Transportation investments needed for economic competitiveness

Posted In: Planning,Transportation
Date: 10/31/2013

Transit and roads go hand in glove. That’s why Metropolitan Council Chair Sue Haigh and state Transportation Commissioner Charles Zelle are teaming up to advocate for a comprehensive transportation package that addresses the needs of the state and region.
 
“We’re not keeping up,” Zelle told a crowd at the Humphrey School of Public Affairs on Oct. 30. “And that weakens the ability of the state and region to grow, compete and retain and attract needed talent.”
 
State Transportation Commissioner Charlie Zelle (far left) and Council Chair Susan Haigh listen as former Council Chair Peter Bell talks during a panel discussion at the Humphrey Institute on Oct. 30. Moderating was Professor Larry Jacobs.“To be competitive, we need to get goods to market and people to jobs,” said Haigh. “We have to meet the needs of an increasingly diverse population and market preferences of a generation that is driving less and texting more.”
 
In support of more funding for transit, Haigh cited the findings of the Governor’s Transportation Finance Advisory Committee (TFAC).  TFAC found that regions with robust transit systems perform better and are choice destinations for employers and employees. And that lack of certainty about transit investment serves to delay private investment in nearby development.

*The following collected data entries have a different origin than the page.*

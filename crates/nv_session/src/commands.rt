//! Which commands are calls.

ghost use Rattle.std.specs.Prelude.{◌≡◌, option_map};
ghost use Rattle.nv_history.specs.Said.{said};
ghost use Rattle.nv_line.specs.View.{view};
ghost use Rattle.nv_session.specs.Commands.{call_at, within_at};

use nv_calls::Data;
use nv_history::Call;
use nv_line::Command;

/// The mode of a file that `create` makes.
const FILE_MODE: u32 = 420;

/// The mode of a directory that `mkdir` makes.
const DIRECTORY_MODE: u32 = 493;

/// The call that a command is at this time, if it is one.
pub(crate) fn call_of<'a>(command: &Command<'a>, time: u64) -> Option<Call<'a>>
    ensures { option_map said result ≡ call_at time (view command.now) }
{
    match *command {
        Command::Create { cpu, path } => Some(Call::Create {
            cpu,
            path,
            mode: FILE_MODE,
            time,
        }),
        Command::MakeDirectory { cpu, path } => Some(Call::MakeDirectory {
            cpu,
            path,
            mode: DIRECTORY_MODE,
            time,
        }),
        Command::Link { cpu, old, new } => Some(Call::Link {
            cpu,
            old,
            new,
            time,
        }),
        Command::Unlink { cpu, path } => Some(Call::Unlink { cpu, path, time }),
        Command::RemoveDirectory { cpu, path } => Some(Call::RemoveDirectory { cpu, path, time }),
        Command::Rename { cpu, old, new } => Some(Call::Rename {
            cpu,
            old,
            new,
            time,
        }),
        _ => within_of(command, time),
    }
}

// The same where it leaves the names as they are.
fn within_of<'a>(command: &Command<'a>, time: u64) -> Option<Call<'a>>
    ensures { option_map said result ≡ within_at time (view command.now) }
{
    match *command {
        Command::Write {
            cpu,
            path,
            offset,
            count,
            byte,
        } => Some(Call::Write {
            cpu,
            path,
            offset,
            content: Data::Same { byte, count },
            time,
        }),
        Command::SetSize { cpu, path, size } => Some(Call::SetSize {
            cpu,
            path,
            size,
            time,
        }),
        Command::SetAttributes {
            cpu,
            path,
            mode,
            owner,
            group,
        } => Some(Call::SetAttributes {
            cpu,
            path,
            mode,
            owner,
            group,
            time,
        }),
        Command::Clean { path } => Some(Call::Clean { path }),
        Command::Upgrade => Some(Call::Upgrade),
        _ => None,
    }
}
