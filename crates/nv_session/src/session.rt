//! A session: what the commands of a script have made so far, and a method for each command that is no call.
//!
//! A method answers the text that its command prints, whole, and leaves what the command leaves. Only `answer` leaves the text of
//! a long part of a file to `print`. After want of memory the script ends, and what the session holds is of no use.

ghost use Rattle.std.specs.Prelude.{◌≡◌, ◌≤◌, ℕ, List, IfOk, IfErr, IfSome, OnOk, OnErr, OnSome, None, Some, [], option_map, false};
ghost use Rattle.std.specs.Io.KnownBytes.{Appends};
ghost use Rattle.nv_calls.specs.Mount.{told};
ghost use Rattle.nv_report.specs.Shown.{shown_of};

use crate::commands::call_of;
use crate::files::{list_text, read_text, stat_text};
use crate::making::{Made, new_region};
use crate::parts::{long_part, write_part};
use crate::printed::Printed;
use crate::stop::Stop;
use crate::store::{Store, has_word, keep_all, poked};
use crate::texts::{ok_text, stopped_text, word_text};
use nv_calls::Fs;
use nv_image_check::{Answer, recover_or_stop, replay_or_stop};
use nv_line::Command;
use nv_region::{Keep, MemRegion, Pmem};
use nv_report::{
    Last, Part, Recovered, Shown, how_it_went, recovered_text, refused_text, shown_text,
};
use nv_stream::{ScriptError, write_text};
use nv_text::Refusal;
use std::alloc::{AllocError, Global};
use std::io::Write;
use std::thread::Threads;

/// What a script has made so far.
#[derive(Drop)]
pub struct Session {
    pub(crate) store: Option<Store>,
    pub(crate) time: u64,
    last: Last,
    // What may come of the next command.
    stop: Stop,
}
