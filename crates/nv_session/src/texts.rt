//! The texts of the commands that tell of no recovery.

ghost use Rattle.std.specs.Prelude.{◌≡◌, IfOk, string_bytes};
ghost use Rattle.nv_text.specs.Answers.{ok_line, stopped_line, word_line};
ghost use Rattle.nv_session.specs.Commands.{answer_line};

use nv_history::Answer;
use nv_text::{push_cleaned, push_ok, push_stopped, push_word};
use std::alloc::{AllocError, Global};

pub fn ok_text(alloc: Global) -> Result<String, AllocError>
    ensures { IfOk result (λ text. string_bytes text ≡ ok_line) }
{
    let mut text = String::new(alloc);
    push_ok(&mut text)?;
    Ok(text)
}

pub fn stopped_text(alloc: Global) -> Result<String, AllocError>
    ensures { IfOk result (λ text. string_bytes text ≡ stopped_line) }
{
    let mut text = String::new(alloc);
    push_stopped(&mut text)?;
    Ok(text)
}

pub fn word_text(alloc: Global, word: u64) -> Result<String, AllocError>
    ensures { IfOk result (λ text. string_bytes text ≡ word_line word) }
{
    let mut text = String::new(alloc);
    push_word(&mut text, word)?;
    Ok(text)
}

pub fn answer_text(alloc: Global, answer: Answer) -> Result<String, AllocError>
    ensures { IfOk result (λ text. string_bytes text ≡ answer_line answer) }
{
    let mut text = String::new(alloc);
    match answer {
        Answer::Done => push_ok(&mut text)?,
        Answer::Cleaned(block) => push_cleaned(&mut text, block)?,
    }
    Ok(text)
}
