//! Sessions: what the commands of a script have made so far.
//!
//! `session` runs each command and answers the text that it prints. `calls` makes those that are calls of nv_history, and `commands`
//! says which these are. `making` makes a region, `store` keeps it, alone or mounted, and `stop` is a stop that is set for the next
//! command. `files` has what the file calls that read print, `by_number` the same of an inode that its number names, and `texts`
//! the answers that tell of no recovery. `printed` is what a command prints, and `parts` writes long parts of files a piece at a
//! time.
#![tactic(auto)]

mod by_number;
mod calls;
mod commands;
mod files;
mod laws;
mod making;
mod parts;
mod printed;
mod session;
mod stop;
mod store;
mod texts;

pub use by_number::{list_inode_text, stat_inode_text};
pub use files::{CallText, list_text, refused_call_text, stat_text};
pub use laws::{alike_states_answer_alike, one_step};
pub use making::{Made, new_region};
pub use nv_calls::{FormatRefusal, Fs};
pub use nv_tree::Refusal as CallRefusal;
pub use printed::{FilePart, Printed};
pub use session::Session;
pub use stop::Stop;
pub use store::keep_all;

Transit investments yield a great long-term return

 

“Transit is good for business, and investment in transit makes good business sense,” said Haigh, who cited an Itasca Project return-on-investment study showing a $4 billion build-out of the transit system would result in returns of up to $10 billion by 2045.
 
“Decisions we’re making today will serve generations for decades. We need to be bold and courageous,” she said.
 
Last year, the governor recommended, but the Legislature did not pass, a metro-wide half-cent sales tax dedicated to transit investment.
 
As for road investment, Commissioner Zelle said the governor asked him, in the wake of the TFAC recommendations, to crisscross the state and help residents better understand the funding need and priorities.

State needs to take lead in highway funding

 

“Minnesota has the fifth largest highway system in the country, with 140,000 combined miles,” said Zelle.  “More than half of those highway miles and 35 percent of the state’s bridges are more than 50 years old.”
 
Aging infrastructure comes with a cost. MnDOT, in its Minnesota GO Transportation Vision, estimates the cost of needed improvements and strategic investments in the state’s transportation network exceed projected funding by $50 billion over 20 years. State highways and bridges alone need $12 billion.
 
With the uncertainty surrounding the reliability of federal transportation dollars, Zelle said states will have to take the funding lead.
 
“It’s not enough to simply raise the gas tax, said Zelle. “That’s not a comprehensive solution towards addressing the state’s need or vision for prosperity. It’ll take a menu of funding options and targeted investment.”
 
There’s no word yet on whether the 2014 Legislature will be asked to consider increased funding for transportation.  Gov. Dayton has expressed an interest in a 2014 “UnSession,” focusing on eliminating unnecessary and redundant laws and making state government more efficient and streamlined.
 
That could put transportation on the docket in 2015.